//! The evaluator's steps: into an expression, and on with the value that an expression gave.
#![tactic(auto)]

mod arms;
mod calls;
mod closures;
mod finish;
mod frame;
mod parts;
mod resumes;
mod visits;
mod world;

pub use arms::choose;
pub use closures::closure;
pub use frame::{Finish, Frame, Here, Next, Parts, Step, Then};
pub use resumes::resume;
pub use visits::visit;
pub use world::{World, Written};
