fn visit_borrow<'t, 'a>(
    world: World<'t, 'a>,
    told: &mut Vec<Event>,
    node: u32,
    body: &'a Expr,
    here: Here<'a>,
) -> Result<Step<'a>, NoMemory>
    ensures { Steps (setting_of world.entry) told.old.items told.new.items result (borrow_run (setting_of world.entry) node body.entry.now here.entry) }
{
    let Some(word) = named(world, node, here) else {
        return Err(NoMemory);
    };
    told.push(Event::Open)?;
    let env = bind(world.tools.bump, node, word, here.env)?;
    Ok(go_on_then(
        Next::Visit(body, here.with(env).inner()),
        Then::Borrow,
        here,
    ))
}

/// The construction of an overwrite, under parentheses too.
fn visit_overwrite<'t, 'a>(
    world: World<'t, 'a>,
    told: &mut Vec<Event>,
    node: u32,
    built: &'a Expr,
    here: Here<'a>,
) -> Result<Step<'a>, NoMemory>
    ensures { Steps (setting_of world.entry) told.old.items told.new.items result (at_place (setting_of world.entry) (m.overwritten Event (setting_of world.entry) node (expr_meaning Event (setting_of world.entry) built.entry.now).form) here.entry) }
{
    match &built.kind {
        ExprKind::Paren(inner) => visit_overwrite(world, told, node, inner.get(), here),
        ExprKind::Cons(head, tail) => visit_parts(
            world,
            told,
            Parts::Two(head.get(), tail.get()),
            Finish::Overwrite(node, 1),
            here,
        ),
        ExprKind::Con { name, arg } => match arg {
            Some(arg) => overwrite_con(world, told, node, *name, built.id, arg.get(), here),
            None => Err(NoMemory),
        },
        _ => Err(NoMemory),
    }
}

/// An overwrite by a constructor with fields, which the node `of` names.
fn overwrite_con<'t, 'a>(
    world: World<'t, 'a>,
    told: &mut Vec<Event>,
    node: u32,
    name: ConName,
    of: u32,
    arg: &'a Expr,
    here: Here<'a>,
) -> Result<Step<'a>, NoMemory>
    ensures { Steps (setting_of world.entry) told.old.items told.new.items result (at_place (setting_of world.entry) (m.overwritten Event (setting_of world.entry) node (m.constructed Event (setting_of world.entry) of name (Some (expr_meaning Event (setting_of world.entry) arg.entry.now))).form) here.entry) }
{
    let Some(place) = constructor_place(world.tools.scoped, name, of) else {
        return Err(NoMemory);
    };
    visit_parts(
        world,
        told,
        fields_of(world.field_count(of), arg),
        Finish::Overwrite(node, place),
        here,
    )
}
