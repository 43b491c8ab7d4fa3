//! How functions are applied and called.
ghost use Rattle.std.specs.Prelude.{◌≡◌, ◌++◌, IfOk, OnOk, length, map, suc};
ghost use Rattle.ml_meaning.specs.declared.event.Event.{Event};
ghost use Rattle.ml_meaning.specs.Evaluation as m;
ghost use Rattle.ml_functions.specs.Table as table;
ghost use Rattle.ml_values.specs.Givings.{Plainly};
ghost use Rattle.ml_values.specs.Shown.{code_of, names, value, values, values_list};
ghost use Rattle.ml_values.specs.Telling.{mode_of};
ghost use Rattle.ml_steps.specs.Left.{Nexts, Steps, applied_run, apply_run, body_of_call, call_of, called_run, closed_env, entered, partial_run};
ghost use Rattle.ml_steps.specs.Worlds.{setting_of};

use crate::closures::closed;
use crate::finish::{failed, finish_given};
use crate::frame::{Here, Next, Step, Then, go_on, go_on_then};
use crate::world::World;
use ml_functions::{Body, Function};
use ml_matching::fit_params;
use ml_meaning::{Ending, Event};
use ml_values::{Code, Failure, Mode, Word, Words, and, close, count, leave, made, operate};
use oxml_base::NoMemory;

/// The values of one list, and then those of another.
fn append<'t, 'a>(
    world: World<'t, 'a>,
    first: Words<'a>,
    second: Words<'a>,
) -> Result<Words<'a>, NoMemory>
    ensures { IfOk result (λ words. values_list words ≡ values_list first.entry ++ values_list second.entry) }
{
    let mut list = Vec::new(world.tools.alloc);
    let mut rest = first;
    while let Words::And(pair) = rest {
        list.push(pair.first)?;
        rest = pair.rest;
    }
    before(world, list.as_slice(), second)
}

/// The values of a slice before those of a list.
fn before<'t, 'a>(
    world: World<'t, 'a>,
    list: &[Word<'a>],
    rest: Words<'a>,
) -> Result<Words<'a>, NoMemory>
    ensures { IfOk result (λ words. values_list words ≡ map value list.now ++ values_list rest.entry) }
{
    let mut all = rest;
    for word in list.iter().rev() {
        all = and(world.tools.bump, *word, all)?;
    }
    Ok(all)
}

/// The first values of a list, and those behind them.
#[derive(Clone, Copy)]
pub struct Halves<'a> {
    pub first: Words<'a>,
    pub rest: Words<'a>,
}

/// A list of values after so many of them.
pub fn split<'t, 'a>(
    world: World<'t, 'a>,
    words: Words<'a>,
    at: u64,
) -> Result<Halves<'a>, NoMemory>
    ensures parts { IfOk result (λ both. values_list both.first ++ values_list both.rest ≡ values_list words.entry) }
    ensures first { IfOk result (λ both. length (values_list both.first) ≡ at) }
{
    let mut list = Vec::new(world.tools.alloc);
    let mut rest = words;
    for _ in 0..at {
        match rest {
            Words::And(pair) => {
                list.push(pair.first)?;
                rest = pair.rest;
            }
            Words::Empty => return Err(NoMemory),
        }
    }
    let first = before(world, list.as_slice(), Words::Empty)?;
    Ok(Halves { first, rest })
}

/// A function is applied to arguments where it stands: in tail position the region is closed before.
pub fn apply_to<'t, 'a>(
    world: World<'t, 'a>,
    told: &mut Vec<Event>,
    node: u32,
    function: Word<'a>,
    args: Words<'a>,
    here: Here<'a>,
) -> Result<Step<'a>, NoMemory>
    ensures { Steps (setting_of world.entry) told.old.items told.new.items result (apply_run (setting_of world.entry) node here.entry (values_list args.entry) (value function.entry)) }
{
    close(told, here.mode)?;
    apply(world, told, node, function, args, here)
}

/// A function is applied to arguments, the region being closed already: a call where there are
/// enough of them, else a partial application that holds them.
pub fn apply<'t, 'a>(
    world: World<'t, 'a>,
    told: &mut Vec<Event>,
    node: u32,
    function: Word<'a>,
    args: Words<'a>,
    here: Here<'a>,
) -> Result<Step<'a>, NoMemory>
    ensures { Steps (setting_of world.entry) told.old.items told.new.items result (applied_run (setting_of world.entry) node here.entry (values_list args.entry) (value function.entry)) }
{
    let Word::Function(code, captured, held) = function else {
        return Err(NoMemory);
    };
    let arity = world.arity(code) as u64;
    let has = count(held)?;
    if arity <= has {
        return Err(NoMemory);
    }
    let wanted = arity - has;
    if count(args)? < wanted {
        let held = append(world, held, args)?;
        return hold(told, node, code, captured, held, here);
    }
    let both = split(world, args, wanted)?;
    let all = append(world, held, both.first)?;
    apply_all(world, told, node, code, captured, all, both.rest, here)
}

/// A partial application holds these arguments.
fn hold<'a>(
    told: &mut Vec<Event>,
    node: u32,
    code: Code,
    captured: Words<'a>,
    held: Words<'a>,
    here: Here<'a>,
) -> Result<Step<'a>, NoMemory>
    ensures { Plainly (λ s. Steps s told.old.items told.new.items result (partial_run s node here.entry (code_of code) (values captured.entry) (values held.entry))) }
{
    let Some(words) = count(held)?.checked_add(2) else {
        return Err(NoMemory);
    };
    made(told, node, words)?;
    leave(told, here.mode)?;
    Ok(go_on(Next::Give(Word::Function(code, captured, held))))
}

/// A call on as many arguments as the function takes; what it gives is applied to the rest.
fn apply_all<'t, 'a>(
    world: World<'t, 'a>,
    told: &mut Vec<Event>,
    node: u32,
    code: Code,
    captured: Words<'a>,
    all: Words<'a>,
    rest: Words<'a>,
    here: Here<'a>,
) -> Result<Step<'a>, NoMemory>
    ensures { Steps (setting_of world.entry) told.old.items told.new.items result (called_run (setting_of world.entry) node here.entry (values_list rest.entry) (code_of code) (values_list captured.entry) (values_list all.entry)) }
{
    match rest {
        Words::Empty => Ok(go_on(call(world, told, here.mode, code, captured, all, here.fuel)?)),
        Words::And(_) => {
            let next = call(world, told, Mode::Inner, code, captured, all, here.fuel)?;
            Ok(go_on_then(next, Then::Rest(node, rest), here))
        }
    }
}

/// A call begins: it enters, or in tail position takes the place of the call that it ends.
fn enter(told: &mut Vec<Event>, mode: Mode, weight: u64) -> Result<(), NoMemory>
    ensures { OnOk result (told.new.items ≡ told.old.items ++ entered mode weight) }
{
    match mode {
        Mode::Inner => told.push(Event::Enter { weight })?,
        Mode::Last(old) => told.push(Event::Tail { old, new: weight })?,
    }
    told.push(Event::Open)?;
    Ok(())
}

/// A call, on as many arguments as the function takes. Its body has one unit of fuel less; without
/// fuel the run ends.
fn call<'t, 'a>(
    world: World<'t, 'a>,
    told: &mut Vec<Event>,
    mode: Mode,
    code: Code,
    captured: Words<'a>,
    args: Words<'a>,
    fuel: u64,
) -> Result<Next<'a>, NoMemory>
    ensures { Nexts (setting_of world.entry) told.old.items told.new.items result (call_of (setting_of world.entry) fuel mode (code_of code) (values_list captured.entry) (values_list args.entry)) }
{
    if fuel == 0 {
        return Ok(Next::Stop(Ending::More));
    }
    enter(told, mode, world.weight(code))?;
    match code {
        Code::Primitive(op) => {
            let given = operate(world.tools, told, None, op, args)?;
            finish_given(told, Mode::Last(64), given)
        }
        Code::Source(node) => match world.functions.at(node) {
            Some(function) => body(world, told, node, function, captured, args, fuel - 1),
            None => Err(NoMemory),
        },
    }
}

/// The body of a call, its parameters matched with the arguments.
fn body<'t, 'a>(
    world: World<'t, 'a>,
    told: &mut Vec<Event>,
    node: u32,
    function: Function<'a>,
    captured: Words<'a>,
    args: Words<'a>,
    fuel: u64,
) -> Result<Next<'a>, NoMemory>
    ensures { Nexts (setting_of world.entry) told.old.items told.new.items result (body_of_call (setting_of world.entry) (table.code_of function.entry) fuel (closed_env (setting_of world.entry) node function.entry.own function.entry.captures.now (values_list captured.entry)) (values_list args.entry)) }
{
    let env = closed(world, node, function, captured)?;
    let here = Here {
        mode: Mode::Last(function.weight),
        env,
        fuel,
    };
    match function.body {
        Body::Single(e) => match fit_params(world.tools, function.params, args, env)? {
            Some(env) => Ok(Next::Visit(e, here.with(env))),
            None => failed(told, Failure::NoMatch),
        },
        Body::Cases(arms) => match args {
            Words::And(pair) => match pair.rest {
                Words::Empty => Ok(Next::Choose(arms, pair.first, here)),
                Words::And(_) => Err(NoMemory),
            },
            Words::Empty => Err(NoMemory),
        },
    }
}
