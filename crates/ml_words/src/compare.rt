ghost use Rattle.std.specs.Prelude.{◌≡◌};
ghost use Rattle.std.specs.Option.{option_map};
ghost use Rattle.ml_meaning.specs.Comparing.{comparison};

use ml_tree::BinOp;
use std::cmp::Ordering;

/// Whether a comparison holds of two values that stand to one another so; `None` for an operator
/// that is no comparison.
pub fn comparison(op: BinOp, order: Ordering) -> Option<bool>
    ensures { result ≡ option_map (λ test. test order) (comparison op) }
{
    match op {
        BinOp::Eq => Some(order.is_eq()),
        BinOp::Ne => Some(order.is_ne()),
        BinOp::Lt => Some(order.is_lt()),
        BinOp::Gt => Some(order.is_gt()),
        BinOp::Le => Some(order.is_le()),
        BinOp::Ge => Some(order.is_ge()),
        _ => None,
    }
}
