ghost use Rattle.std.specs.Prelude.{◌≡◌};
ghost use Rattle.ml_meaning.specs.Names.{lookup, place_of, field_of, constructor_place, field_place};
ghost use Rattle.ml_meaning.specs.Operations.{operation_arity};
ghost use Rattle.ml_words.specs.Named.{targets, operation_of};

use ml_tree::{ConName, Op, Ref, Scoped};

/// What the node of this number names; `None` where it names nothing.
#[tactic(auto, using(crate::proofs::Lookups::none_is_lookup))]
pub fn target(s: &Scoped, node: u32) -> Option<Ref>
    ensures { result ≡ lookup node s.now.refs }
{
    match s.target(node) {
        Some(to) => Some(to),
        None => None,
    }
}

fn place_of(to: Option<Ref>) -> Option<u32>
    ensures { result ≡ place_of to }
{
    match to {
        Some(Ref::Con(_, place)) => Some(place),
        Some(Ref::Field(_, _)) => None,
        Some(Ref::Top(_)) => None,
        Some(Ref::Local(_)) => None,
        Some(Ref::Operation(_)) => None,
        Some(Ref::Decl(_)) => None,
        None => None,
    }
}

/// The place in its declaration of the constructor that a node names.
pub fn constructor_place(s: &Scoped, name: ConName, node: u32) -> Option<u32>
    ensures { result ≡ constructor_place (targets s.now) name node }
{
    match name {
        ConName::Named(_) => place_of(target(s, node)),
        ConName::True => Some(1),
        ConName::False => Some(0),
        ConName::Unit => Some(0),
        ConName::Nil => Some(0),
    }
}

fn field_of(to: Option<Ref>) -> Option<u32>
    ensures { result ≡ field_of to }
{
    match to {
        Some(Ref::Field(_, place)) => Some(place),
        Some(Ref::Con(_, _)) => None,
        Some(Ref::Top(_)) => None,
        Some(Ref::Local(_)) => None,
        Some(Ref::Operation(_)) => None,
        Some(Ref::Decl(_)) => None,
        None => None,
    }
}

/// The place in its record of the field that a node names.
pub fn field_place(s: &Scoped, node: u32) -> Option<u32>
    ensures { result ≡ field_place (targets s.now) node }
{
    field_of(target(s, node))
}

fn operation_of(to: Option<Ref>) -> Option<Op>
    ensures { result ≡ operation_of to }
{
    match to {
        Some(Ref::Operation(op)) => Some(op),
        Some(Ref::Con(_, _)) => None,
        Some(Ref::Field(_, _)) => None,
        Some(Ref::Top(_)) => None,
        Some(Ref::Local(_)) => None,
        Some(Ref::Decl(_)) => None,
        None => None,
    }
}

/// The operation that a node names.
pub fn operation(s: &Scoped, node: u32) -> Option<Op>
    ensures { result ≡ operation_of (targets s.now node) }
{
    operation_of(target(s, node))
}

/// How many arguments an operation takes.
pub fn operation_arity(op: Op) -> usize
    ensures { result ≡ operation_arity op }
{
    match op {
        Op::StringGet => 2,
        _ => 1,
    }
}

_WORK REQUIRED_: Your reply should be only the number of lines in the preceding data that include the word "made".

_ANSWER TO THE EXERCISE_: 2